*** Opening Provided information ***

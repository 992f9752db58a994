// The top call.
ghost use Rattle.std.specs.Prelude.{◌≡◌, ◌≢◌, ◌≤◌, ◌⊎◌, ◌↔◌, ℕ, Some, None, List, map};
ghost use Rattle.std.specs.Prelude.{string_bytes, Result, Ok};
ghost use Rattle.lw_io.specs.declared.file.File.{File};
ghost use Rattle.lw_io.specs.Causes.{Rose};
ghost use Rattle.lw_io.specs.Files.{bytes_of};
ghost use Rattle.lw_files.specs.declared.fault.FileFault.{FileFault};
ghost use Rattle.lw_top.specs.declared.refusal.Which.{Which};
ghost use Rattle.lw_top.specs.Words.{Command, command_of};
ghost use Rattle.lw_top.specs.Answers.{IsAnswer, IsFileOf, IsReached, status_in, status_of};
ghost use Rattle.lw_files.specs.Reading.{Known};
ghost use Rattle.lw_top.specs.Mappings.{AsksForMapping, AsksForCheck, AsksForTables, IsMappingText};
ghost use Rattle.lw_top.specs.Mappings.{LacksOutput, IsCheckedMapping};
ghost use Rattle.lw_top.specs.Tabled.{AreTables};
ghost use Rattle.lw_top.specs.Traded.{AsksForTrade, IsTrade, LacksTradedOutput};
ghost use Rattle.lw_top.specs.Translated.{AsksForVerilog, AsksForMapped, IsVerilogText};
ghost use Rattle.lw_top.specs.Translated.{LacksVerilog, IsTextOfVerilog};
ghost use Rattle.lw_verilog.specs.declared.reason.NoVerilog.{NoVerilog};
ghost use Rattle.lw_top.specs.Outcome.{IsDone, IsCutShort, Meets, outcome_status};
ghost use Rattle.lw_top.specs.Telling.{Told, outcome_line, refusal_line};
ghost use Rattle.lw_top.specs.Complete.{IsComplete};
ghost use Rattle.lw_top.specs.declared.outcome.Outcome.{Outcome};
ghost use Rattle.lw_top.specs.declared.refusal.Refusal.{Refusal};

use crate::laws::answers_are_tables;
use crate::outcome::{Outcome, serve};
use crate::refusal::Refusal;
use crate::telling::tell;
use crate::words::command_of;
use lw_io::{Shelf, Sink};
use std::alloc::Global;

/// Does what the words ask for, and answers the exit status.
///
/// It reads the files that the words name, one after another and each once. The whole answer stands
/// before the first byte goes to `out`. At a status other than 0 it writes one line to `err`, whose
/// faults change no status.
pub fn run<F: Shelf, O: Sink, E: Sink>(
    alloc: Global,
    words: &Vec<String>,
    shelf: &mut F,
    out: &mut O,
    err: &mut E,
) -> u8
    // Nothing goes out before the whole answer stands.
    ensures untouched { result ≢ 0 → result ≢ 7 → out.new ≡ out.old }

    // At 0 the whole text went out: over known files it is the answer's.
    ensures done { result ≡ 0 → ((text : List ℕ) ×
        Known (F.files shelf.old) (IsAnswer (map string_bytes words.now.items)) (Ok text)
        × IsDone O.taken O.is_finished out.old out.new text) }

    // At 0, over known files and where a mapping was asked for, that text is of a netlist of the
    // library's cells, with the latches of the network's text. It gives each root, which is an
    // output or what a latch reads, the network's value for all values of the inputs and of the
    // latches' outputs. Each root arrives, counted from the inputs' arrivals, at the least time of
    // all covers of all trees that the command's rules derive for it.
    ensures mapping { (files : List File) → F.files shelf.old ≡ Some files →
        AsksForMapping (map string_bytes words.now.items) → result ≡ 0
        → ((text : List ℕ) × IsMappingText (map string_bytes words.now.items) (bytes_of files) text
        × IsDone O.taken O.is_finished out.old out.new text) }

    // At 6, over known files and where a mapping was asked for, no tree that the command's rules
    // derive for the root whose name is reported has a cover.
    ensures no_cover { (files : List File) → F.files shelf.old ≡ Some files →
        AsksForMapping (map string_bytes words.now.items) → result ≡ 6
        → ((name : List ℕ) × LacksOutput (map string_bytes words.now.items) (bytes_of files) name
        × Told E.taken E.faults err.old err.new
        (refusal_line (command_of (map string_bytes words.now.items)) (Refusal.NoCover name))) }

    // At 0, over known files and where a check was asked for, the mapped netlist is such a mapping
    // of the network, whoever wrote it.
    ensures checked { (files : List File) → F.files shelf.old ≡ Some files →
        AsksForCheck (map string_bytes words.now.items) → result ≡ 0
        → IsCheckedMapping (map string_bytes words.now.items) (bytes_of files) }

    // At 0, over known files and where lookup tables were asked for, that text is BLIF: a network
    // with the latches of the network's text, whose nodes have no more fan-ins than were asked for.
    // It gives each root the network's value under every assignment. Each root is as deep, wires
    // not counted, as the shallowest of all covers by tables of all trees that the command's rules
    // derive for it.
    ensures tables { (files : List File) → F.files shelf.old ≡ Some files →
        AsksForTables (map string_bytes words.now.items) → result ≡ 0
        → ((text : List ℕ) × AreTables (map string_bytes words.now.items) (bytes_of files) text
        × IsDone O.taken O.is_finished out.old out.new text) }

    // At 0, over known files and where the least area by a deadline was asked for, that text is of
    // a netlist of the library's cells, with the latches of the network's text. It gives each root
    // the network's value under every assignment. Each root arrives by the deadline, or at its
    // least time where that is later. It has the least area, in which each use of a shared part
    // counts, of all covers in time of all trees that the command's rules derive for it.
    ensures trading { (files : List File) → F.files shelf.old ≡ Some files →
        AsksForTrade (map string_bytes words.now.items) → result ≡ 0
        → ((text : List ℕ) × IsTrade (map string_bytes words.now.items) (bytes_of files) text
        × IsDone O.taken O.is_finished out.old out.new text) }

    // At 6, over known files and where it was asked for, the root whose name is reported has no
    // cover.
    ensures no_trade { (files : List File) → F.files shelf.old ≡ Some files →
        AsksForTrade (map string_bytes words.now.items) → result ≡ 6
        → ((name : List ℕ) × LacksTradedOutput (map string_bytes words.now.items)
        (bytes_of files) name × Told E.taken E.faults err.old err.new
        (refusal_line (command_of (map string_bytes words.now.items)) (Refusal.NoCover name))) }

    // At 0, over known files and where a mapped netlist was asked for in Verilog, that text is the
    // netlist's, which none of the tests refuses.
    ensures verilog { (files : List File) → F.files shelf.old ≡ Some files →
        AsksForVerilog (map string_bytes words.now.items) → result ≡ 0
        → ((text : List ℕ) × IsVerilogText (map string_bytes words.now.items) (bytes_of files) text
        × IsDone O.taken O.is_finished out.old out.new text) }

    // At 11, over known files and where it was asked for, the first test that the netlist fails is
    // reported.
    ensures no_verilog { (files : List File) → F.files shelf.old ≡ Some files →
        AsksForVerilog (map string_bytes words.now.items) → result ≡ 11
        → ((why : NoVerilog) × LacksVerilog (map string_bytes words.now.items) (bytes_of files) why
        × Told E.taken E.faults err.old err.new
        (refusal_line (command_of (map string_bytes words.now.items)) (Refusal.NoVerilog why))) }

    // At 0, over known files and where a netlist in Verilog was asked for as a mapped text, that
    // text is the netlist's, without latches, arrivals and certificate.
    ensures unverilog { (files : List File) → F.files shelf.old ≡ Some files →
        AsksForMapped (map string_bytes words.now.items) → result ≡ 0
        → ((text : List ℕ) × IsTextOfVerilog (map string_bytes words.now.items) (bytes_of files)
        text × IsDone O.taken O.is_finished out.old out.new text) }

    // At 7 the stream failed, and a prefix of the text that 0 would have written went out.
    ensures cut_short { result ≡ 7 →
        ((text : List ℕ) × Known (F.files shelf.old) (IsAnswer (map string_bytes words.now.items))
        (Ok text)
        × IsCutShort O.taken O.faults out.old out.new text) }

    // A file was not read because the shelf failed, or because known files lack it.
    ensures unread { result ≡ 2 → (Rose (F.faults shelf.old) (F.faults shelf.new)
        ⊎ ((files : List File) × (a : Result (List ℕ) Refusal) × (F.files shelf.old ≡ Some files) ×
        IsAnswer (map string_bytes words.now.items) (bytes_of files) a × (status_in a ≡ 2))) }

    // At 2 the line names a file of the command whose turn had come: over known files each file
    // that the command reads before it is there, and within its limit and its grammar.
    ensures blamed { result ≡ 2 → ((command : Command) × (w : Which) ×
        (command_of (map string_bytes words.now.items) ≡ Some command)
        × IsFileOf command w × ((files : List File) → F.files shelf.old ≡ Some files →
        IsReached command w (bytes_of files))
        × Told E.taken E.faults err.old err.new
        (refusal_line (Some command) (Refusal.Faulty w FileFault.Unread))) }

    // Words of no form are reported as such, whatever the files.
    ensures words { (result ≡ 1) ↔ (command_of (map string_bytes words.now.items) ≡ None) }

    // Over known files, whatever failed, a status other than 2, 7 and 8 is the answer's, and so is
    // the line on `err`. Where nothing failed each status is, unless memory runs out.
    ensures complete { (files : List File) → F.files shelf.old ≡ Some files
        → IsComplete (IsAnswer (map string_bytes words.now.items) (bytes_of files))
        (command_of (map string_bytes words.now.items))
        (Told E.taken E.faults err.old err.new) (Rose (F.faults shelf.old) (F.faults shelf.new))
        (Rose (O.faults out.old) (O.faults out.new)) result }

    // Some outcome has this status: it is what happened, and its line went to err, or a prefix
    // where err failed.
    ensures told { (o : Outcome) × (result ≡ outcome_status o)
        × Meets (F.files shelf.old) (F.faults shelf.old)
        (F.faults shelf.new) O.taken O.is_finished O.faults out.old out.new
        (IsAnswer (map string_bytes words.now.items)) o
        × Told E.taken E.faults err.old err.new
        (outcome_line (command_of (map string_bytes words.now.items)) o) }

    // The files stay, and no count of faults falls.
    ensures files { F.files shelf.new ≡ F.files shelf.old }
    ensures read { F.faults shelf.old ≤ F.faults shelf.new }
    ensures written { O.faults out.old ≤ O.faults out.new }
    ensures said { E.faults err.old ≤ E.faults err.new }
{
    answers_are_tables();
    let command = command_of(words);
    let outcome = serve(alloc, command, shelf, out);
    // Where `err` does not take the line, the status stays that of the outcome.
    let _ = tell(command, &outcome, err);
    status(&outcome)
}

// The exit status of a refusal, from 1 to 11.
fn status_of(refusal: &Refusal) -> u8
    ensures { result ≡ status_of refusal.now }
{
    match refusal {
        Refusal::Words => 1,
        Refusal::Faulty(_, fault) => fault.status(),
        Refusal::Forms | Refusal::Splits | Refusal::Points => 5,
        Refusal::NoCover(_) => 6,
        Refusal::Memory => 8,
        Refusal::No(_) => 9,
        Refusal::Verilog(..) | Refusal::Vector(_) => 10,
        Refusal::NoVerilog(_) => 11,
    }
}

// The exit status of an outcome: 0 if the answer was written, and 7 if it was cut short.
fn status(outcome: &Outcome) -> u8
    ensures { result ≡ outcome_status outcome.now }
{
    match outcome {
        Outcome::Done => 0,
        Outcome::WriteFault => 7,
        Outcome::Refused(refusal) => status_of(refusal),
    }
}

*** Closing Provided information ***

What is required:
Reply with only the number of lines in the material above where the string "goes" appears.

Written solution:
2